(From today's "Dedication" for Baby Nolan)
Two years ago, on Mother’s Day, my sister Ellen found out she was pregnant.
The structure of my family at that time was, to put it mildly, chaotic.
My father had died about a year and a half before, but we were all still trying to deal with it. Prior to his death, my parents were embroiled in a pretty ugly divorce, and my family was fragmented. My mother was the one to leave, and the family was reeling from it. As a result, she became Public Enemy #1.
My father’s death made matters worse, because there was the estate to deal with, and the battle over it broke the family even further. My mother, for most of my life, was my best friend. I tried to support her when she left during the divorce, but things got messy, things got angry.
But when my sister found out she was to become a mother, it marked a beginning of the turnaround in bringing the family back together.
Over the last year, Ellen and my mother, who have never been close and, in fact, bitterly at odds, reunited. Today, they are closer than anyone else in my family. Moreover, my mother’s return to the family unit seems to have made us whole again.

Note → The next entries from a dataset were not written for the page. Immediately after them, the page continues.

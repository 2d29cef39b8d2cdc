//! Own places that hold again what they held at first.

ghost use Rattle.std.specs.Prelude.{◌≡◌, ◌≤◌, ◌<◌, ◌+◌, ◌-◌, ◌^◌, length, map, OnOk};
ghost use Rattle.hal_code.specs.Addressing.{cleared, act_clear};
ghost use Rattle.hal_machine.specs.Seen.{held_seen, core_seen, setting_seen, Does};
ghost use Rattle.hal_right_values.specs.Finding.{ClearFits};

use hal_machine::{Held, Machine, Setting, Stepped};
use std::alloc::{AllocError, Global};

/// So many places from this one on hold what these do.
#[tactic(auto, using(crate::proofs::Mapping::map_set, crate::proofs::Mapping::map_get, crate::proofs::Cleared::none_cleared))]
fn clear_from(
    alloc: Global,
    places: &mut Vec<Held>,
    firsts: &[Held],
    place: usize,
    count: usize,
) -> Result<(), AllocError>
    requires firsts { place + count ≤ length firsts.now }
    requires places { place + count ≤ length places.old.items }
    ensures { OnOk result (map held_seen places.new.items ≡ cleared (map held_seen firsts.now) place count (map held_seen places.old.items)) }
{
    for number in place..place + count {
        places[number].put_copy(alloc, &firsts[number])?;
    }
    Ok(())
}

/// CLEAR.
#[tactic(auto, using(crate::proofs::Mapping::length_map))]
pub(crate) fn clear(
    machine: &mut Machine,
    setting: &Setting<'_>,
    place: u32,
    count: u32,
) -> Result<Stepped, AllocError>
    requires at { machine.old.at < 2 ^ 64 - 1 }
    requires fits { ClearFits (setting_seen setting.now) place count (core_seen machine.old) }
    ensures does { Does setting.now.image.now result machine.new (act_clear (setting_seen setting.now) place count (core_seen machine.old)) }
    ensures room { machine.new.blocks.room ≡ machine.old.blocks.room }
{
    clear_from(
        setting.alloc,
        &mut machine.places,
        setting.firsts,
        place as usize,
        count as usize,
    )?;
    machine.go_on();
    Ok(Stepped::Moves)
}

I don’t know if any of us kids ever fully appreciated the impact of our mother on our lives. At one point, she was working full-time, and raising five kids all under the age of eight. She was out mother and out father in many ways – she was the one who held all our secrets, who protected us, who fed us and hugged us, and rubbed our backs when we had fevers.
My mother was the one who forgave our shortcomings, no questions asked. She cried for us, and for our rebellion against her, but she never questioned her love or stopped loving us, no matter how much we messed up.
And we messed up good.
Today, two years after my sister found out she was pregnant on Mother’s Day, I sat next to my mother as we watched Ellen and her family baptize (“dedicate” they call it) her son to God. I was surrounded by my family, on the day which we come together to celebrate and appreciate the women who raise us and shape us into the people we are today.
I love my mom – I don’t tell her nearly enough. I missed her during those years. A lot. She was there almost every minute of every day the entire time I was in the hospital, and she may never know how much that meant to me.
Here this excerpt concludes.